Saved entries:
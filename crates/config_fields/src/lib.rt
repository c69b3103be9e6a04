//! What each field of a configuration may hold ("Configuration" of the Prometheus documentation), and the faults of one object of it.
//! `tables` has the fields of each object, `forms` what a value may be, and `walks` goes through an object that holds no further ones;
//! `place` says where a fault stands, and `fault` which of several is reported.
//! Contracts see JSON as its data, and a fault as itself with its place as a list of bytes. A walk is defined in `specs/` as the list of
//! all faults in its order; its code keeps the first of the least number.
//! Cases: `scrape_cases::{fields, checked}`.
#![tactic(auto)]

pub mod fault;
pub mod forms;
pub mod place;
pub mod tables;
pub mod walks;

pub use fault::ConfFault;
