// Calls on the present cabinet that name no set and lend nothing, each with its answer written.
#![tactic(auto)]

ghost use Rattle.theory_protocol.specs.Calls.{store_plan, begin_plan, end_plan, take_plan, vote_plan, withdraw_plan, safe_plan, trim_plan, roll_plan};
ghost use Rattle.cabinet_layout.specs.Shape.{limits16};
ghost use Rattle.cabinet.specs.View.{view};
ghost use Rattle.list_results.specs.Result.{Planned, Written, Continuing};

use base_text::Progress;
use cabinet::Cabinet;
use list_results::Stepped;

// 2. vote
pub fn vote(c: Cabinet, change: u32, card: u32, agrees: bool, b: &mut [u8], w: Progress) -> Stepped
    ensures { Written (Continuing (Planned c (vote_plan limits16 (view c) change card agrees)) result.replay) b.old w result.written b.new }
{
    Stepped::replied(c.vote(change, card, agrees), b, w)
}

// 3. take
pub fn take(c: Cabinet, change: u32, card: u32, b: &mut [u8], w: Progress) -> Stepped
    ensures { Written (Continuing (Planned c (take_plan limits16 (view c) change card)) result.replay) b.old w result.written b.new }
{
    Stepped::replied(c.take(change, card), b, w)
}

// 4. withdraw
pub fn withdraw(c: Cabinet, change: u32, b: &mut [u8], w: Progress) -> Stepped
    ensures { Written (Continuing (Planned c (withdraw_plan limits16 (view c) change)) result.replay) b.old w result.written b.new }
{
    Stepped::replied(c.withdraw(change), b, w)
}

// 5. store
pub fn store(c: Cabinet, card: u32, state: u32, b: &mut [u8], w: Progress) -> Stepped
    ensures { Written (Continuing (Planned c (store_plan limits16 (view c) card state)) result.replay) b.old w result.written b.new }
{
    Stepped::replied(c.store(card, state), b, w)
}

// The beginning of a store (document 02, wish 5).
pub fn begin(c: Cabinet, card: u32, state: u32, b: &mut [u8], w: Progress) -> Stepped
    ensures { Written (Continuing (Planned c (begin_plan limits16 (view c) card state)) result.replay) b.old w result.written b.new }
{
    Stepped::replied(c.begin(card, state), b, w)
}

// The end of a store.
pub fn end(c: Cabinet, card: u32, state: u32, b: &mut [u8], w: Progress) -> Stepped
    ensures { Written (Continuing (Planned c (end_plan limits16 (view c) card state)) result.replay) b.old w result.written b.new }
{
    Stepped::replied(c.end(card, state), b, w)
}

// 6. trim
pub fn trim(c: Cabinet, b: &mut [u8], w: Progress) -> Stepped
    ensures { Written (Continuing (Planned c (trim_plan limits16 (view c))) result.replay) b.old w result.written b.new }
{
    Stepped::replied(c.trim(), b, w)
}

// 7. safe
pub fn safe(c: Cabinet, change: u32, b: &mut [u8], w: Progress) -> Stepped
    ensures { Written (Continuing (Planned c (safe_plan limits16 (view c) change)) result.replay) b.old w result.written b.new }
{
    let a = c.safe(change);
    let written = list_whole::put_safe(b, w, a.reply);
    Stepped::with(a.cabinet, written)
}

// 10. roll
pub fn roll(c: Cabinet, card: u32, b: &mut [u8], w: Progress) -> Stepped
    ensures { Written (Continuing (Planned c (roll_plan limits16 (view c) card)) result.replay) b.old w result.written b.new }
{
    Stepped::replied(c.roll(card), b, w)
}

---

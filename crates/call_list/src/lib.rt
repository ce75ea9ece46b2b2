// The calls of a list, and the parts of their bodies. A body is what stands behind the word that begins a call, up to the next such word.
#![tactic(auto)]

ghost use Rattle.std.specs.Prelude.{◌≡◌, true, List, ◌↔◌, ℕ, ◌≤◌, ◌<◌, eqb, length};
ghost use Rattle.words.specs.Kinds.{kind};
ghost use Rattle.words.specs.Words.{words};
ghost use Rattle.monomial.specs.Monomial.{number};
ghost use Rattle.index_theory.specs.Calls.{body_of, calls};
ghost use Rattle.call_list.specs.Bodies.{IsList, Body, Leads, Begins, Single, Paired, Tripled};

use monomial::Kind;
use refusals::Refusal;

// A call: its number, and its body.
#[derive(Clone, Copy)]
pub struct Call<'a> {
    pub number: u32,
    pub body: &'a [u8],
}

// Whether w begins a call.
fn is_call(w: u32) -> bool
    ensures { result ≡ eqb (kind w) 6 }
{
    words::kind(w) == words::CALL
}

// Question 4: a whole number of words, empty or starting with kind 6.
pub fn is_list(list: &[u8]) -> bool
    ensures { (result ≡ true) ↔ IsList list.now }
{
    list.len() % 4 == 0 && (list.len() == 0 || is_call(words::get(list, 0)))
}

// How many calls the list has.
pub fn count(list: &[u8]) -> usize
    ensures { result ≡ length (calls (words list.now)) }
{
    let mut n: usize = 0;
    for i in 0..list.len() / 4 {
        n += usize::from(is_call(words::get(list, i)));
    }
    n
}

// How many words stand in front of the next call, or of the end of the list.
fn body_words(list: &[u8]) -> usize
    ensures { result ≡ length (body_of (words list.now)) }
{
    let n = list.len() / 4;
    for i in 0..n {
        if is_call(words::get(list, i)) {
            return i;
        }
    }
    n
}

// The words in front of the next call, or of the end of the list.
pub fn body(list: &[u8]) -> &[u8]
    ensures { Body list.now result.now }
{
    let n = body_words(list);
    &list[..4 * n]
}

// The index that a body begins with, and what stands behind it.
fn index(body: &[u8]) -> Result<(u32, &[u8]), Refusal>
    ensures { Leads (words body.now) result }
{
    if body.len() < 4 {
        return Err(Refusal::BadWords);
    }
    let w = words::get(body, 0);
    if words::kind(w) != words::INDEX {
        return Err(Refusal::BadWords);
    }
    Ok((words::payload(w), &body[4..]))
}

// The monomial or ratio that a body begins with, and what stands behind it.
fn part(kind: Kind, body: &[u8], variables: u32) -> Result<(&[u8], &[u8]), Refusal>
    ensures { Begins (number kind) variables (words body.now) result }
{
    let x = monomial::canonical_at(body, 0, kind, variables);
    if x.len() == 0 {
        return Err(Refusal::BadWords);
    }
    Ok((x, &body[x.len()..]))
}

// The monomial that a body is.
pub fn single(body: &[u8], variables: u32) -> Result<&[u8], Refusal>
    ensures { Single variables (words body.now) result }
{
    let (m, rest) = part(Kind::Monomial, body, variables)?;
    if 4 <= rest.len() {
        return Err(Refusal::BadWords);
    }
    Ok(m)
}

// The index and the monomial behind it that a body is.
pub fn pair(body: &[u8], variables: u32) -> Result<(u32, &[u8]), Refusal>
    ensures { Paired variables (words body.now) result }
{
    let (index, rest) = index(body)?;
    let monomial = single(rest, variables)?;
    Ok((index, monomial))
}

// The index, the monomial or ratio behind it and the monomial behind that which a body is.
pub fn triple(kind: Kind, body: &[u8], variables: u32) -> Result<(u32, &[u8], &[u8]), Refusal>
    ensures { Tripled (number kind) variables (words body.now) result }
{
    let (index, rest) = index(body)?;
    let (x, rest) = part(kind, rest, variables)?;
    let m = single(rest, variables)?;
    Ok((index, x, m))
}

### EXERCISE DIRECTIONS
Here the output must be the lines above from the line with "pub fn is_list(list: &[u8]) -> bool" to the line with "fn body_words(list: &[u8]) -> usize", both included, duplicated word for word and nothing else.

### RESULT OF THIS EXERCISE
pub fn is_list(list: &[u8]) -> bool
    ensures { (result ≡ true) ↔ IsList list.now }
{
    list.len() % 4 == 0 && (list.len() == 0 || is_call(words::get(list, 0)))
}

// How many calls the list has.
pub fn count(list: &[u8]) -> usize
    ensures { result ≡ length (calls (words list.now)) }
{
    let mut n: usize = 0;
    for i in 0..list.len() / 4 {
        n += usize::from(is_call(words::get(list, i)));
    }
    n
}

// How many words stand in front of the next call, or of the end of the list.
fn body_words(list: &[u8]) -> usize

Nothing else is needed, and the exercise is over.